Alumnus Departemen Ilmu Politik FISIP-UI (2003). Suka menulis, berdiskusi, dan berpikir.

Selanjutnya

Tutup

Politik

Kesenjangan Komunikasi dalam Politik Kita

15 Februari 2019   10:05 Diperbarui: 15 Februari 2019   10:31 162
+
Laporkan Konten
Laporkan Akun
Kompasiana adalah platform blog. Konten ini menjadi tanggung jawab bloger dan tidak mewakili pandangan redaksi Kompas.
Lihat foto
Politik. Sumber ilustrasi: FREEPIK/Freepik

Kondisi politik yang karut-marut ini tidak bisa dilepaskan dari berbagai macam faktor yang melingkupinya. Riuh-rendah suara-suara tokoh, pakar, politisi, dan pejabat terdengar di media massa. Media massa menjadikannya sebagai tontonan yang menghibur. Dengan dalih demokratisasi, maka siapa saja boleh saja bicara di depan publik atau media.

Media sosial (medsos) telah menjadi saluran komunikasi di era demokratisasi. Di medsos, terjadi perdebatan, saling tuding, dan saling tuduh dengan bahasa yang kadang tidak mengenakkan.
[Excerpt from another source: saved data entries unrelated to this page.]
// UPLOAD: how an upload goes through the chosen stream.
ghost use Rattle.std.specs.Prelude.{◌+◌, ◌≤◌, ◌<◌, ◌^◌, ◌≡◌, length};
ghost use Rattle.session.specs.Session.{with_talk};
ghost use Rattle.answers.specs.Answers.{heard_at, replied};
ghost use Rattle.command.specs.Ready.{Ready};
ghost use Rattle.loader.specs.Upload.{place_of, upload_ends, uploading_at, uploaded_of, upload_of};

use answers::{Answer, Heard};
use session::{Download, Phase, Session, State, Talk, Upload};

// Where the answer starts: an upload begun in state idle starts at the stream's first byte.
#[tactic(auto, unfolding(crate::specs::Upload::place_of))]
fn place(s: Session) -> u32
    ensures { result ≡ place_of s }
{
    if s.phase.state == State::UPLOAD_IDLE {
        s.up.place
    } else {
        0
    }
}

// Whether the upload ends with this answer.
#[tactic(auto, unfolding(crate::specs::Upload::upload_ends))]
fn ends(asked: u32, given: u32) -> bool
    ensures { result ≡ upload_ends asked given }
{
    asked < 1024
}

#[tactic(auto, unfolding(crate::specs::Upload::uploading_at))]
fn uploading(s: Session, place: u32) -> Talk
    ensures { with_talk s result ≡ uploading_at s place }
{
    Talk {
        phase: Phase {
            state: State::UPLOAD_IDLE,
            ..Phase::IDLE
        },
        down: Download::NONE,
        up: Upload { place, ..s.up },
        ..s.talk()
    }
}

// The talk after `given` bytes from place `from` on were answered.
#[tactic(auto, unfolding(crate::specs::Upload::uploaded_of))]
fn uploaded(s: Session, asked: u32, from: u32, given: u32) -> Talk
    requires { (from ≡ place_of s) × (from + given < 2 ^ 32) }
    ensures { with_talk s result ≡ uploaded_of s asked given }
{
    if ends(asked, given) {
        answers::idle(s)
    } else {
        uploading(s, from + given)
    }
}

pub fn upload(s: Session, flash: &[u8], asked: u32, reply: &mut [u8]) -> Heard
    requires ready { Ready s flash.now }
    requires asked_bound { (asked ≤ 1024) × (1024 ≤ length reply.old) }
    ensures { replied (heard_at s result) reply.new ≡ upload_of s flash.now asked reply.old }
{
    let from = place(s);
    let n = stream::send(s.board, s.unerased, s.up, flash, from, asked, reply);
    Heard {
        answer: Answer::Taken,
        count: n,
        talk: uploaded(s, asked, from, n),
    }
}
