// The requests that answer bytes but stream none: GETSTATUS, GETSTATE and the query.
ghost use Rattle.std.specs.Prelude.{◌≤◌, ◌≡◌, ◌++◌, length, drop};
ghost use Rattle.session.specs.Session.{with_talk};
ghost use Rattle.answers.specs.declared.Answer.{Answer};
ghost use Rattle.answers.specs.Answers.{heard, heard_at, replied};
ghost use Rattle.loader.specs.Reply.{answered, entered, polled, poll_time, getstatus_of, getstate_of, query_of};

use answers::{Answer, Heard};
use session::{Phase, Session, State, Talk};

// Taken, with the bytes at the front of the reply. Each call below asks for all of the room, as a fact of its own: it is of the buffer that a
// board lends, and a type around that would be made anew at each call.
fn answer(talk: Talk, bytes: &[u8], reply: &mut [u8]) -> Heard
    requires { (length bytes.now ≤ length reply.old) × (length bytes.now ≤ 1024) }
    ensures value { result ≡ heard Answer.Taken (length bytes.now) talk }
    ensures reply_after { reply.new ≡ bytes.now ++ drop (length bytes.now) reply.old }
{
    let n = bytes.len();
    reply[..n].copy_from_slice(bytes);
    Heard {
        answer: Answer::Taken,
        count: n as u32,
        talk,
    }
}

// The same, where the talk stays as it is.
#[tactic(auto, unfolding(crate::specs::Reply::answered))]
fn stays(s: Session, bytes: &[u8], reply: &mut [u8]) -> Heard
    requires { (length bytes.now ≤ length reply.old) × (length bytes.now ≤ 1024) }
    ensures { replied (heard_at s result) reply.new ≡ answered s bytes.now reply.old }
{
    answer(s.talk(), bytes, reply)
}

// The state that a poll enters.
#[tactic(auto, unfolding(crate::specs::Reply::entered))]
fn entered(phase: Phase) -> State
    ensures { result.0 ≡ entered phase }
{
    match phase.state {
        State::DOWNLOAD_SYNC => phase.after,
        State::MANIFEST_SYNC => State::IDLE,
        state => state,
    }
}

#[tactic(auto, unfolding(crate::specs::Reply::polled))]
fn poll(s: Session) -> Talk
    ensures { with_talk s result ≡ polled s }
{
    Talk {
        phase: Phase {
            state: entered(s.phase),
            status: s.phase.status,
            after: State::IDLE,
        },
        ..s.talk()
    }
}

// How long the host is to wait before it polls again.
#[tactic(auto, unfolding(crate::specs::Reply::poll_time))]
fn poll_time(s: Session) -> u32
    ensures { result ≡ poll_time s }
{
    0
}

#[tactic(auto, unfolding(crate::specs::Reply::answered, crate::specs::Reply::getstatus_of, crate::specs::Reply::polled))]
pub fn getstatus(s: Session, reply: &mut [u8]) -> Heard
    requires { 1024 ≤ length reply.old }
    ensures { replied (heard_at s result) reply.new ≡ getstatus_of s reply.old }
{
    let wait = numbers::low::<3>(poll_time(s));
    let bytes = [
        s.phase.status.0,
        wait[0],
        wait[1],
        wait[2],
        entered(s.phase).0,
        0,
    ];
    answer(poll(s), &bytes, reply)
}

#[tactic(auto, unfolding(crate::specs::Reply::getstate_of))]
pub fn getstate(s: Session, reply: &mut [u8]) -> Heard
    requires { 1024 ≤ length reply.old }
    ensures { replied (heard_at s result) reply.new ≡ getstate_of s reply.old }
{
    let bytes = [s.phase.state.0];
    stays(s, &bytes, reply)
}

#[tactic(auto, unfolding(crate::specs::Reply::query_of))]
pub fn query(s: Session, reply: &mut [u8]) -> Heard
    requires { 1024 ≤ length reply.old }
    ensures { replied (heard_at s result) reply.new ≡ query_of s reply.old }
{
    let bytes = [0x4D, 0x4C, 0x01, 0x20];
    stays(s, &bytes, reply)
}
Demokrasi kita menjadi ramai dengan beragam celoteh, komentar, hoaks, dan opini.

Hal ini sebenarnya menandakan ada yang tidak beres dalam saluran komunikasi politik. Kekacauan dalam komunikasi politik ini disebabkan oleh penggunaan bahasa semu (meta-language) di antara berbagai anggota masyarakat. Memang di era demokratisasi ini, ada kebebasan berbicara. Masyarakat bebas bicara apa saja asalkan memenuhi fatsoen politik. Namun kita mengetahui, kebebasan yang keblabasan ini menimbulkan suasana berbangsa dan bernegara yang ribut.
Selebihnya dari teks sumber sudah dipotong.